§ **Requirement**
Each entry needs to be repeated exactly, with nothing added or removed.

§ **Saved data entries**
//! Degrees of products, at every modulus and where the modulus is prime. Each function does nothing; its contract is the
//! law. What `r` is asked in them is what the product's contract says of its result.

ghost use Rattle.std.specs.Prelude.{◌≡◌, ◌≢◌, ℕ, ◌+◌, ◌%◌, ◌≤◌, List, [], Some};
ghost use Rattle.prime_field.specs.Residue.{IsPrime};
ghost use Rattle.poly_maps.specs.Mono.{mono_product};
ghost use Rattle.poly_maps.specs.Polynomial.{coefficient, leading, total_degree, degree_in, product_of, AreResidues, IsPolynomial};

/// At every modulus the degrees of a product are at most the sums of the degrees: the total one, and that in each
/// variable.
pub fn product_degrees_at_most()
    ensures total { (m : ℕ) (p q r : List (List ℕ × ℕ)) → IsPolynomial r → ((g : List ℕ) → coefficient g r ≡ coefficient g (product_of p q) % m) →
        total_degree r ≤ total_degree p + total_degree q }
    ensures each { (m i : ℕ) (p q r : List (List ℕ × ℕ)) → IsPolynomial r → ((g : List ℕ) → coefficient g r ≡ coefficient g (product_of p q) % m) →
        degree_in i r ≤ degree_in i p + degree_in i q }
{}

/// At a prime modulus the leading monomial of the product of two polynomials is the product of theirs, and total
/// degrees add up.
pub fn product_degrees()
    ensures leading { (m : ℕ) (p q r : List (List ℕ × ℕ)) (e f : List ℕ) → IsPrime m → IsPolynomial p → AreResidues m p →
        IsPolynomial q → AreResidues m q → IsPolynomial r → ((g : List ℕ) → coefficient g r ≡ coefficient g (product_of p q) % m) →
        leading p ≡ Some e → leading q ≡ Some f → leading r ≡ Some (mono_product e f) }
    ensures total { (m : ℕ) (p q r : List (List ℕ × ℕ)) → IsPrime m → IsPolynomial p → AreResidues m p →
        IsPolynomial q → AreResidues m q → IsPolynomial r → ((g : List ℕ) → coefficient g r ≡ coefficient g (product_of p q) % m) →
        p ≢ [] → q ≢ [] → total_degree r ≡ total_degree p + total_degree q }
{}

§ **Exercise answer**
//! Degrees of products, at every modulus and where the modulus is prime. Each function does nothing; its contract is the
//! law. What `r` is asked in them is what the product's contract says of its result.

ghost use Rattle.std.specs.Prelude.{◌≡◌, ◌≢◌, ℕ, ◌+◌, ◌%◌, ◌≤◌, List, [], Some};
ghost use Rattle.prime_field.specs.Residue.{IsPrime};
ghost use Rattle.poly_maps.specs.Mono.{mono_product};
ghost use Rattle.poly_maps.specs.Polynomial.{coefficient, leading, total_degree, degree_in, product_of, AreResidues, IsPolynomial};

/// At every modulus the degrees of a product are at most the sums of the degrees: the total one, and that in each
/// variable.
pub fn product_degrees_at_most()
    ensures total { (m : ℕ) (p q r : List (List ℕ × ℕ)) → IsPolynomial r → ((g : List ℕ) → coefficient g r ≡ coefficient g (product_of p q) % m) →
        total_degree r ≤ total_degree p + total_degree q }
    ensures each { (m i : ℕ) (p q r : List (List ℕ × ℕ)) → IsPolynomial r → ((g : List ℕ) → coefficient g r ≡ coefficient g (product_of p q) % m) →
        degree_in i r ≤ degree_in i p + degree_in i q }
{}

/// At a prime modulus the leading monomial of the product of two polynomials is the product of theirs, and total
/// degrees add up.
pub fn product_degrees()
    ensures leading { (m : ℕ) (p q r : List (List ℕ × ℕ)) (e f : List ℕ) → IsPrime m → IsPolynomial p → AreResidues m p →
        IsPolynomial q → AreResidues m q → IsPolynomial r → ((g : List ℕ) → coefficient g r ≡ coefficient g (product_of p q) % m) →
        leading p ≡ Some e → leading q ≡ Some f → leading r ≡ Some (mono_product e f) }
    ensures total { (m : ℕ) (p q r : List (List ℕ × ℕ)) → IsPrime m → IsPolynomial p → AreResidues m p →
        IsPolynomial q → AreResidues m q → IsPolynomial r → ((g : List ℕ) → coefficient g r ≡ coefficient g (product_of p q) % m) →
        p ≢ [] → q ≢ [] → total_degree r ≡ total_degree p + total_degree q }
{}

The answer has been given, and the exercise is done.